T-Mobile’s churn rates are high for the industry, primarily due to its high percentage of prepaid subscribers.

AT&T has implied that it can tamp down that rate, pointing to Cingular’s 2004 acquisition of AT&T Wireless, which saw postpaid churn rates drop considerably after the merger. But after the merger, Cingular which later became AT&T once again reported only combined churn rates, so there is no way of breaking out departures by former AT&T Wireless customers from the overall customer base. Postpaid churn is also considerably lower than prepaid churn since postpaid customers are bound by contract. T-Mobile’s prepaid customers will likely leave at a much faster rate than its contract customers, and since there will be no new prepaid customers to replace them, the churn rate for the former T-Mobile customer base will gradually fall over time.

Still it’s entirely possible AT&T will improve on T-Mobile’s metrics by offering them more coverage and eventually a better 4G network.

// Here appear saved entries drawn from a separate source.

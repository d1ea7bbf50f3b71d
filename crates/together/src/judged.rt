//! Whether a profile says of each call record what several say together.
ghost use Rattle.std.specs.Prelude.{◌≡◌, ℕ, true, IfOk, IfErr, IfNone, IfSome};
ghost use Rattle.differ.specs.Named.{is_named};
ghost use Rattle.together.specs.Together.{IsUnlike, SaysTogether};
ghost use Rattle.together.specs.OnCall.{AgreesOnCall, IsCrowdedBeside};
ghost use Rattle.together.specs.Unjudged.{IsUnsettled};
ghost use Rattle.together.specs.declared.judged.Unsettled.TheVariants.{OutOfMemory};

use crate::calls::named_calls;
use crate::samples::samples_of;
use crate::unlike::{Unlike, record_of, unlike_on};
use crate::walked::{Walked, may_be_many, walk_through};
use crate::way::Way;
use call_record::words_are_a_record;
use differ::{Call, Steps, Unlisted, all_steps, memory_for, rest_of};
use profile::Profile;
use std::alloc::{AllocError, AllocFailed, Global};

/// Why it is not settled.
#[derive(Clone, Copy, Debug, PartialEq, Eq)]
pub enum Unsettled {
    /// A call is crowded, or the conditions on its arguments can answer in more ways than are looked at.
    Crowded(Call),
    /// There is not enough memory.
    OutOfMemory,
}

impl From<AllocError> for Unsettled {
    ghost from_gives = { λ _ e. e ≡ OutOfMemory };

    fn from(_error: AllocError) -> Unsettled {
        Unsettled::OutOfMemory
    }
}

impl<T: Drop> From<AllocFailed<T>> for Unsettled {
    ghost from_gives = { λ _ e. e ≡ OutOfMemory };

    fn from(_error: AllocFailed<T>) -> Unsettled {
        Unsettled::OutOfMemory
    }
}

// A record of a call on which the verdicts are unlike, among those that stand for all others.
fn unlike_among(
    alloc: Global,
    way: Way,
    profiles: &[Profile],
    joined: &Profile,
    call: &Call,
) -> Result<Option<Unlike>, Unsettled>
    ensures none { IfOk result (λ found. IfNone found (AgreesOnCall way profiles.now joined.now call.now.token call.now.nr)) }
    ensures some { IfOk result (λ found. IfSome found (IsUnlike way profiles.now joined.now)) }
    ensures unsettled { IfErr result (IsUnsettled profiles.now joined.now) }
{
    let samples = match samples_of(alloc, profiles, joined, call) {
        Ok(samples) => samples,
        Err(Unlisted::TooMany) => return Err(Unsettled::Crowded(*call)),
        Err(Unlisted::OutOfMemory) => return Err(Unsettled::OutOfMemory),
    };
    for args in &samples {
        let record = record_of(*call, *args);
        words_are_a_record(&record);
        if let Some(found) = unlike_on(alloc, way, profiles, joined, &record)? {
            return Ok(Some(found));
        }
    }
    Ok(None)
}

// Whether a call is crowded of one of the profiles and one more.
fn is_crowded_beside(
    alloc: Global,
    profiles: &[Profile],
    joined: &Profile,
    call: &Call,
    steps: &mut Steps,
) -> Result<bool, AllocError>
    ensures { IfOk result (λ crowded. crowded ≡ true → IsCrowdedBeside profiles.now joined.now call.now) }
{
    for profile in profiles {
        let memory = memory_for(alloc, profile, joined, call.token, call.nr, steps)?;
        if memory.limited {
            return Ok(true);
        }
    }
    Ok(false)
}

// A record of a call on which the verdicts are unlike, unless it is crowded and many numbers stand for others.
fn unlike_unless_crowded(
    alloc: Global,
    way: Way,
    profiles: &[Profile],
    joined: &Profile,
    call: &Call,
    steps: &mut Steps,
) -> Result<Option<Unlike>, Unsettled>
    ensures none { IfOk result (λ found. IfNone found (AgreesOnCall way profiles.now joined.now call.now.token call.now.nr)) }
    ensures some { IfOk result (λ found. IfSome found (IsUnlike way profiles.now joined.now)) }
    ensures unsettled { IfErr result (IsUnsettled profiles.now joined.now) }
{
    if may_be_many(profiles, joined, call) {
        if is_crowded_beside(alloc, profiles, joined, call, steps)? {
            return Err(Unsettled::Crowded(*call));
        }
    }
    unlike_among(alloc, way, profiles, joined, call)
}

// A record of a call on which the verdicts are unlike.
fn unlike_in(
    alloc: Global,
    way: Way,
    profiles: &[Profile],
    joined: &Profile,
    call: &Call,
    steps: &mut Steps,
) -> Result<Option<Unlike>, Unsettled>
    ensures none { IfOk result (λ found. IfNone found (AgreesOnCall way profiles.now joined.now call.now.token call.now.nr)) }
    ensures some { IfOk result (λ found. IfSome found (IsUnlike way profiles.now joined.now)) }
    ensures unsettled { IfErr result (IsUnsettled profiles.now joined.now) }
{
    match walk_through(alloc, way, profiles, joined, call, steps)? {
        Walked::Agrees => Ok(None),
        Walked::Unlike(found) => Ok(Some(found)),
        Walked::Unknown => unlike_unless_crowded(alloc, way, profiles, joined, call, steps),
    }
}

// A record of one of these calls on which the verdicts are unlike.
fn unlike_in_any(
    alloc: Global,
    way: Way,
    profiles: &[Profile],
    joined: &Profile,
    calls: &[Call],
    steps: &mut Steps,
) -> Result<Option<Unlike>, Unsettled>
    ensures none { (token nr : ℕ) → is_named calls.now token nr ≡ true
        → IfOk result (λ found. IfNone found (AgreesOnCall way profiles.now joined.now token nr)) }
    ensures some { IfOk result (λ found. IfSome found (IsUnlike way profiles.now joined.now)) }
    ensures unsettled { IfErr result (IsUnsettled profiles.now joined.now) }
{
    for call in calls {
        if let Some(found) = unlike_in(alloc, way, profiles, joined, call, steps)? {
            return Ok(Some(found));
        }
    }
    Ok(None)
}

// A call of no machine.
const FOREIGN: Call = Call { token: 0, nr: 0 };

/// Whether a profile says of each call record what counts of the verdicts that several say of it. If it does not, returns a record of
/// which it says another.
pub fn judge(
    alloc: Global,
    way: Way,
    profiles: &[Profile],
    joined: &Profile,
) -> Result<Option<Unlike>, Unsettled>
    ensures none { IfOk result (λ found. IfNone found (SaysTogether way profiles.now joined.now)) }
    ensures some { IfOk result (λ found. IfSome found (IsUnlike way profiles.now joined.now)) }
    ensures unsettled { IfErr result (IsUnsettled profiles.now joined.now) }
{
    let mut steps = all_steps();
    let named = named_calls(alloc, profiles, joined)?;
    let rest = rest_of(alloc, &named)?;
    if let Some(found) = unlike_in_any(alloc, way, profiles, joined, &named, &mut steps)? {
        return Ok(Some(found));
    }
    if let Some(found) = unlike_in_any(alloc, way, profiles, joined, &rest, &mut steps)? {
        return Ok(Some(found));
    }
    unlike_in(alloc, way, profiles, joined, &FOREIGN, &mut steps)
}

Some customers may stick around if they know there’s no coming back to T-Mobile’s cheaper rates. But AT&T won’t be able to eliminate T-Mobile’s churn entirely. Eventually operators recycle nearly all of their customer bases.

Even if AT&T was able to cut T-Mobiles churn rate in half, it would only be prolonging the inevitable, Wang said. The price increases would take twice as long to fully go into effect, but they would occur, Wang said.

No one knows exactly what will happen after the $39 billion acquisition goes through, so the Yankee Group’s analysis is just one interpretation – though it is one of the few so far based on crunching available data rather than informed speculation.

Even AT&T own plans either stated or unrevealed could change dramatically depending on the prevailing market conditions.

Many analysts expect Sprint to supplant T-Mobile as the nationwide budget operator for voice and data (a path it’s already started down). If Sprint bills scale down to match those of the former T-Mobile, it could lessen the average bill increases that the Yankee Group predicts. But the merger would also considerably reduce Sprint’s market power relative to AT&T and Verizon. If AT&T or Verizon rather were to assume the budget mantle, the impact on pricing could be huge. But as the Yankee Group’s market concentration analysis implies neither Verizon nor AT&T would have any incentive to do so given their newfound post-merger pricing power.